## Instructions to follow
Return the run of lines below that opens with the line containing "let left = Tape::read(rt.alloc(), first).ok()?;" and closes with the line containing "let count = match", keeping each one exact.

## Data to process

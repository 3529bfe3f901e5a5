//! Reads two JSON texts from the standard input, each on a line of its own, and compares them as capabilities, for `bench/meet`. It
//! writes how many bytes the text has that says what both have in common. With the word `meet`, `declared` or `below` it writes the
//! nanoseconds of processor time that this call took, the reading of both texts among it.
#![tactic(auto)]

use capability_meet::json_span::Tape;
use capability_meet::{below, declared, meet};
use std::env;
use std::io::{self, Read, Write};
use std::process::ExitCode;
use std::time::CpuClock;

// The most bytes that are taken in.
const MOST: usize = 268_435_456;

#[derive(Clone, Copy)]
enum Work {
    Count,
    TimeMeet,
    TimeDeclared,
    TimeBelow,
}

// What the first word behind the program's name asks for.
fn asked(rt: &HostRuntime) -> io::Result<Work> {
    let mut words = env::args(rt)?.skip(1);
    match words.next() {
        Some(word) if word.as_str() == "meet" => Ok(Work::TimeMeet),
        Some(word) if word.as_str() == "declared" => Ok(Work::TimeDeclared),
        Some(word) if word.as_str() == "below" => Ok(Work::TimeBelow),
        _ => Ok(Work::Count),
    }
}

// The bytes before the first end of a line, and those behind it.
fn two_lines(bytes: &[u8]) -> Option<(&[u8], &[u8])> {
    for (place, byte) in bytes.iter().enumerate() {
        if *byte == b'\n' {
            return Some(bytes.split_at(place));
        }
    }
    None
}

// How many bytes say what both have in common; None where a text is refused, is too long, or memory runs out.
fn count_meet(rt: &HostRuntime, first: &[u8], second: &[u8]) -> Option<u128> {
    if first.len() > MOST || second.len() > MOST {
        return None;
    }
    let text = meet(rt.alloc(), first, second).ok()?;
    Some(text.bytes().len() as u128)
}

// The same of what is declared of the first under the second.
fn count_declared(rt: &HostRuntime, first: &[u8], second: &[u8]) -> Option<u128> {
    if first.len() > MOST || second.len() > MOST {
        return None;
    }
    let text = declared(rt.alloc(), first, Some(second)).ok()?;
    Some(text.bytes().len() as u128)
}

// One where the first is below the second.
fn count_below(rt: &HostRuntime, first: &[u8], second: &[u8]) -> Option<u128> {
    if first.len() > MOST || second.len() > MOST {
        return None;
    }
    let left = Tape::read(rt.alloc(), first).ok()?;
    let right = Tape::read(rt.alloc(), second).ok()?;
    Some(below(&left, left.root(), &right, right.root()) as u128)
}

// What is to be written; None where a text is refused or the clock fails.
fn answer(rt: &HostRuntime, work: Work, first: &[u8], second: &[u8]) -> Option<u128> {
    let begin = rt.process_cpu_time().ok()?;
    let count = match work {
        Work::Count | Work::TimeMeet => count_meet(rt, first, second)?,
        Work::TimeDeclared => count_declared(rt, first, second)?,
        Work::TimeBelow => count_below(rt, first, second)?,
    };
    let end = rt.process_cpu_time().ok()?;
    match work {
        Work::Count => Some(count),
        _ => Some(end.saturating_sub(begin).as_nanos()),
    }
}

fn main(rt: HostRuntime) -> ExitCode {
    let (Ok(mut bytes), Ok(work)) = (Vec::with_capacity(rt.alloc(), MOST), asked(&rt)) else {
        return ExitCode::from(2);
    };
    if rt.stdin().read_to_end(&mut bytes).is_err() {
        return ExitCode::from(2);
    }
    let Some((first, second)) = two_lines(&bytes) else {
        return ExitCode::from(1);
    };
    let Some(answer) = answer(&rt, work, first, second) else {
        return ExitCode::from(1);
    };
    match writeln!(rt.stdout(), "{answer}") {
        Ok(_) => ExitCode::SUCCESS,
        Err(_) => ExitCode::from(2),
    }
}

---

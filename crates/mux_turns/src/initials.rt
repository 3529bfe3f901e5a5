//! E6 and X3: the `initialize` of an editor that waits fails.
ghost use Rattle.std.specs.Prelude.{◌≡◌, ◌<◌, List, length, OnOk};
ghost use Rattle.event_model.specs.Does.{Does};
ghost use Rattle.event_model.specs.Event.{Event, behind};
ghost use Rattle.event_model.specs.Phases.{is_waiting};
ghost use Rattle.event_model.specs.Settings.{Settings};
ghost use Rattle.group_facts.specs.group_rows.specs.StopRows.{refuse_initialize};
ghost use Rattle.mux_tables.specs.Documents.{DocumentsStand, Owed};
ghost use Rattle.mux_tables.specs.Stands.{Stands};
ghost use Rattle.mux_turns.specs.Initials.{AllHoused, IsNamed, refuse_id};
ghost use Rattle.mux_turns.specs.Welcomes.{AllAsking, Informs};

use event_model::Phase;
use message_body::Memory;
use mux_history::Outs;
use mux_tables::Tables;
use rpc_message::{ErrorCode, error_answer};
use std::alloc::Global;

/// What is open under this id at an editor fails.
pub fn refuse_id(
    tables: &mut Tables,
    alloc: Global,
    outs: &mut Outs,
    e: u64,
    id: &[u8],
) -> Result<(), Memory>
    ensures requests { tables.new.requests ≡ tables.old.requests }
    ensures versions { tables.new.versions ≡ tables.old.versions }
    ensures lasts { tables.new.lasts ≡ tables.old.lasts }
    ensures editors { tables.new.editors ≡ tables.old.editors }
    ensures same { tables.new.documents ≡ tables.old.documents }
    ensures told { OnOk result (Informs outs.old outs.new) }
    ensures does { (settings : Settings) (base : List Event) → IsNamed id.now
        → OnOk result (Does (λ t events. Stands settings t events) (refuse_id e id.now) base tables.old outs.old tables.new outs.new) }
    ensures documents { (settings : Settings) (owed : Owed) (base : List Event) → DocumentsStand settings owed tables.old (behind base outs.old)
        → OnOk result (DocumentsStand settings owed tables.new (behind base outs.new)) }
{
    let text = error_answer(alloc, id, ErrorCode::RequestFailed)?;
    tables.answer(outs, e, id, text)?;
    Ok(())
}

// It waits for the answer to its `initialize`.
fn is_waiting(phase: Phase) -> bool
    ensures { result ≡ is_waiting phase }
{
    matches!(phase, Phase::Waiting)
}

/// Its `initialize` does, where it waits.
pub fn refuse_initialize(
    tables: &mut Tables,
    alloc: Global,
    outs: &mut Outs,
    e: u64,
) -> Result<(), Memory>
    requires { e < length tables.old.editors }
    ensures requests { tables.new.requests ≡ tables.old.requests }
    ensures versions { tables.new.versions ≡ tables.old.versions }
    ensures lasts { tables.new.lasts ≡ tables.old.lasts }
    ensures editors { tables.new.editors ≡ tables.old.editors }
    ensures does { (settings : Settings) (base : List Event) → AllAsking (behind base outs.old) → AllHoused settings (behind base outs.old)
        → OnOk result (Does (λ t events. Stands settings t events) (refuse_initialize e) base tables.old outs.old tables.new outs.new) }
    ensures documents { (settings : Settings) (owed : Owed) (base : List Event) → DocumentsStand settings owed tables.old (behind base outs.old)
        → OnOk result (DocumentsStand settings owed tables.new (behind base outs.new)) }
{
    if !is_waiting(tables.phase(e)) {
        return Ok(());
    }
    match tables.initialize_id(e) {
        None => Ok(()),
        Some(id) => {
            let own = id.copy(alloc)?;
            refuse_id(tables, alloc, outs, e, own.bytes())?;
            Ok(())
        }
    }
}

...

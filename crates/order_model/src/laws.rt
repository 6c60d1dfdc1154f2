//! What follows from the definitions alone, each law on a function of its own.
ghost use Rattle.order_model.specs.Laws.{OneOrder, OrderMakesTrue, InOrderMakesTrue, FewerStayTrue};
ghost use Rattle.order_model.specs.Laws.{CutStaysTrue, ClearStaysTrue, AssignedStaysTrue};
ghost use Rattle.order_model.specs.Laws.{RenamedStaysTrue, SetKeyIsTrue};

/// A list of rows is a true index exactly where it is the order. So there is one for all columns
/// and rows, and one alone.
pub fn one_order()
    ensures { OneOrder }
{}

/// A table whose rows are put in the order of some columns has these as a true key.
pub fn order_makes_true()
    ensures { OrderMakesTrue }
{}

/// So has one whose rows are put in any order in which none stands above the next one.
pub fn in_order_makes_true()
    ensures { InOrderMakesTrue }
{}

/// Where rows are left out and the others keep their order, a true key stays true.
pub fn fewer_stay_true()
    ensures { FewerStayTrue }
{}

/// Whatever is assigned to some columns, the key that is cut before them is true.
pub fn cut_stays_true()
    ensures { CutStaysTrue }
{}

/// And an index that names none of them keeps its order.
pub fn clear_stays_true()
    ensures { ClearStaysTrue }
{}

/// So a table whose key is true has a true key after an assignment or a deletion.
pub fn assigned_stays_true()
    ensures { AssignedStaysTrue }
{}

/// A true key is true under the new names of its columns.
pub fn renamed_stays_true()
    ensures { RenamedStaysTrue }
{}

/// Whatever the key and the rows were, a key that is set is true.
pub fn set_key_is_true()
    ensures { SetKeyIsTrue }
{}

## Final answer
    let left = Tape::read(rt.alloc(), first).ok()?;
    let right = Tape::read(rt.alloc(), second).ok()?;
    Some(below(&left, left.root(), &right, right.root()) as u128)
}

// What is to be written; None where a text is refused or the clock fails.
fn answer(rt: &HostRuntime, work: Work, first: &[u8], second: &[u8]) -> Option<u128> {
    let begin = rt.process_cpu_time().ok()?;
    let count = match work {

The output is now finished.